'''
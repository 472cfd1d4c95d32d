//! What recovery answers for pairs of files, and what it leaves where a call fails.

ghost use Rattle.std.specs.Prelude.{◌≡◌, ◌≤◌, ◌++◌, ◌∷◌, ◌==◌, if◌then◌else◌, [], ℕ, List, map, get_or};
ghost use Rattle.feature_journal.specs.Kept.{greatest_side};
ghost use Rattle.recovery.specs.Replay.Verdict.{accepted, bad_bytes, not_of_schema};

use crate::crashes::leaves;
use disk_core::{Disk, MemDisk, Pair};
use recovery::{Place, RecoverFault, Replay, ReplayFault, look_over, recover};
use rows::{EMPTY, FAULTS, JOURNALS, LEFT, NEW, NO_JOURNALS};
use std::alloc::Global;
use std::test::Fail;
use stops::STOPS;
use wfs_ends::Mem;

mod rows;
mod stops;

// Takes each body but those that begin with `!`, whose bytes are none, and with `?`, which do not fit.
#[derive(Drop)]
struct Keeper {
    alloc: Global,
    bodies: Vec<Vec<u8>>,
}

impl Replay for Keeper {
    ghost use Rattle.std.specs.Prelude.{◌==◌, if◌then◌else◌, map, get_or};
    ghost use Rattle.recovery.specs.Replay.Verdict.{accepted, bad_bytes, not_of_schema};

    ghost Setting = { Unit {0} };

    ghost setting = { λ s. tt };

    ghost taken = { λ s. map (λ v. v.items) s.bodies.items };

    ghost verdict = { λ s taken body. if get_or body 0 0 == 33 then bad_bytes
        else (if get_or body 0 0 == 63 then not_of_schema else accepted) };

    fn restart(&mut self) {
        self.bodies.clear();
    }

    fn take_record(&mut self, _number: u64, body: &[u8]) -> Result<(), ReplayFault> {
        if body.starts_with(b"!") {
            return Err(ReplayFault::BadBytes);
        }
        if body.starts_with(b"?") {
            return Err(ReplayFault::NotOfSchema);
        }
        let mut copy = Vec::new(self.alloc);
        if copy.extend_from_slice(body).is_err() {
            return Err(ReplayFault::OutOfMemory);
        }
        match self.bodies.push(copy) {
            Ok(()) => Ok(()),
            Err(_) => Err(ReplayFault::OutOfMemory),
        }
    }
}

fn disk_of(alloc: Global, text: &[u8], stop: Option<u64>) -> Mem<MemDisk> {
    let mut bytes = Vec::new(alloc);
    bytes.extend_from_slice(text)?;
    MemDisk::new(alloc, bytes, 60, 200, Vec::new(alloc), stop)
}

fn new_keeper(alloc: Global) -> Keeper {
    Keeper {
        alloc,
        bodies: Vec::new(alloc),
    }
}

// What a look answers, the length; and what is recovered then, the generation, the length and the number of bodies.
type Answers = (
    Result<u64, RecoverFault>,
    Result<(u64, u64, usize), RecoverFault>,
);

fn answers_of<D: Disk + Drop>(
    alloc: Global,
    disks: Pair<D>,
    limit: u64,
    keeper: &mut Keeper,
) -> Answers
    requires { limit ≤ greatest_side }
{
    let mut disks = disks;
    let length = look_over(alloc, &mut disks, limit, keeper);
    match recover(alloc, disks, limit, keeper) {
        Err((_, fault)) => (length, Err(fault)),
        Ok(journal) => (
            length,
            Ok((
                journal.generation(),
                journal.side_length(),
                keeper.bodies.len(),
            )),
        ),
    }
}

fn answers_on(alloc: Global, a: &[u8], b: &[u8], limit: u64) -> Mem<Answers> {
    let limit = if limit < 1000 { limit } else { 1000 };
    let (a, b) = (disk_of(alloc, a, None)?, disk_of(alloc, b, None)?);
    Ok(answers_of(alloc, Pair { a, b }, limit, &mut new_keeper(alloc)))
}

fn first_not_new(alloc: Global) -> Mem<Option<usize>> {
    for (i, (a, b)) in NEW.iter().enumerate() {
        if answers_on(alloc, a, b, 1000)? != (Ok(0), Ok((1, 17, 0))) {
            return Ok(Some(i));
        }
    }
    Ok(None)
}

fn first_other(alloc: Global) -> Mem<Option<usize>> {
    for (i, (a, b, limit, generation, length, count)) in JOURNALS.iter().enumerate() {
        let want = (Ok(*length), Ok((*generation, *length, *count)));
        if answers_on(alloc, a, b, *limit)? != want {
            return Ok(Some(i));
        }
    }
    Ok(None)
}

fn first_recovered(alloc: Global) -> Mem<Option<usize>> {
    for (i, (a, b, limit, fault)) in FAULTS.iter().enumerate() {
        if answers_on(alloc, a, b, *limit)? != (Err(*fault), Err(*fault)) {
            return Ok(Some(i));
        }
    }
    Ok(None)
}

fn first_journal(alloc: Global) -> Mem<Option<usize>> {
    for (i, (a, b, limit, second_side, at)) in NO_JOURNALS.iter().enumerate() {
        let fault = RecoverFault::NotAJournal(Place {
            second_side: *second_side,
            at: *at,
        });
        if answers_on(alloc, a, b, *limit)? != (Err(fault), Err(fault)) {
            return Ok(Some(i));
        }
    }
    Ok(None)
}

// Recovers two disks: whether that was done, and the disks.
fn run<D: Disk + Drop>(alloc: Global, disks: Pair<D>) -> (bool, Pair<D>) {
    match recover(alloc, disks, 1000, &mut new_keeper(alloc)) {
        Ok(journal) => (true, journal.into_disks()),
        Err((disks, _)) => (false, disks),
    }
}

// Whether the recovery of disks ends so, and then whether a crash leaves these bytes of each.
fn ends_so(
    disks: (bool, Pair<MemDisk>),
    is_done: bool,
    keep: u32,
    want_a: &[u8],
    want_b: &[u8],
) -> bool {
    let (done, disks) = disks;
    let Pair { a, b } = disks;
    let is_a = leaves(a, keep, want_a);
    let is_b = leaves(b, keep, want_b);
    done == is_done && is_a && is_b
}

fn first_left_otherwise(alloc: Global) -> Mem<Option<usize>> {
    for (i, (a, b, on_b, call, is_done, keep, want_a, want_b)) in STOPS.iter().enumerate() {
        let (stop_a, stop_b) = if *on_b {
            (None, Some(*call))
        } else {
            (Some(*call), None)
        };
        let (a, b) = (disk_of(alloc, a, stop_a)?, disk_of(alloc, b, stop_b)?);
        if !ends_so(run(alloc, Pair { a, b }), *is_done, *keep, want_a, want_b) {
            return Ok(Some(i));
        }
    }
    Ok(None)
}

// Looks over two disks, or recovers them: whether that is answered so, and the disks.
fn ask<D: Disk + Drop>(
    alloc: Global,
    disks: Pair<D>,
    is_recovery: bool,
    want: &Result<u64, RecoverFault>,
) -> (bool, Pair<D>) {
    if is_recovery {
        match recover(alloc, disks, 1000, &mut new_keeper(alloc)) {
            Ok(journal) => (*want == Ok(journal.side_length()), journal.into_disks()),
            Err((disks, fault)) => (*want == Err(fault), disks),
        }
    } else {
        let mut disks = disks;
        let length = look_over(alloc, &mut disks, 1000, &mut new_keeper(alloc));
        (*want == length, disks)
    }
}

fn first_written(alloc: Global) -> Mem<Option<usize>> {
    for (i, (a, b, is_recovery, want)) in LEFT.iter().enumerate() {
        let disks = Pair {
            a: disk_of(alloc, a, None)?,
            b: disk_of(alloc, b, None)?,
        };
        if !ends_so(ask(alloc, disks, *is_recovery, want), true, 9, a, b) {
            return Ok(Some(i));
        }
    }
    Ok(None)
}

// The first row that fails is None.
#[test]
fn new_journals_are_made(rt: HostRuntime) -> Result<(), Fail> {
    assert_eq!(rt; first_not_new(rt.alloc())?, None);
    Ok(())
}

#[test]
fn journals_are_recovered(rt: HostRuntime) -> Result<(), Fail> {
    assert_eq!(rt; first_other(rt.alloc())?, None);
    Ok(())
}

#[test]
fn other_files_are_refused(rt: HostRuntime) -> Result<(), Fail> {
    assert_eq!(rt; first_journal(rt.alloc())?, None);
    assert_eq!(rt; first_recovered(rt.alloc())?, None);
    Ok(())
}

// A look reads no side where none is current, and so does not meet the limit.
#[test]
fn a_new_journal_needs_its_room(rt: HostRuntime) -> Result<(), Fail> {
    let want = (Ok(0), Err(RecoverFault::Full(17)));
    assert_eq!(rt; answers_on(rt.alloc(), EMPTY, EMPTY, 16)?, want);
    Ok(())
}

#[test]
fn looks_and_refusals_write_nothing(rt: HostRuntime) -> Result<(), Fail> {
    assert_eq!(rt; first_written(rt.alloc())?, None);
    Ok(())
}

#[test]
fn each_call_may_fail(rt: HostRuntime) -> Result<(), Fail> {
    assert_eq!(rt; first_left_otherwise(rt.alloc())?, None);
    Ok(())
}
'''
Extract from the listing above the lines between the line containing "done == is_done && is_a && is_b" and the line containing "(None, Some(*call))", keeping both of those lines. Output nothing else.

Solution -
    done == is_done && is_a && is_b
}

fn first_left_otherwise(alloc: Global) -> Mem<Option<usize>> {
    for (i, (a, b, on_b, call, is_done, keep, want_a, want_b)) in STOPS.iter().enumerate() {
        let (stop_a, stop_b) = if *on_b {
            (None, Some(*call))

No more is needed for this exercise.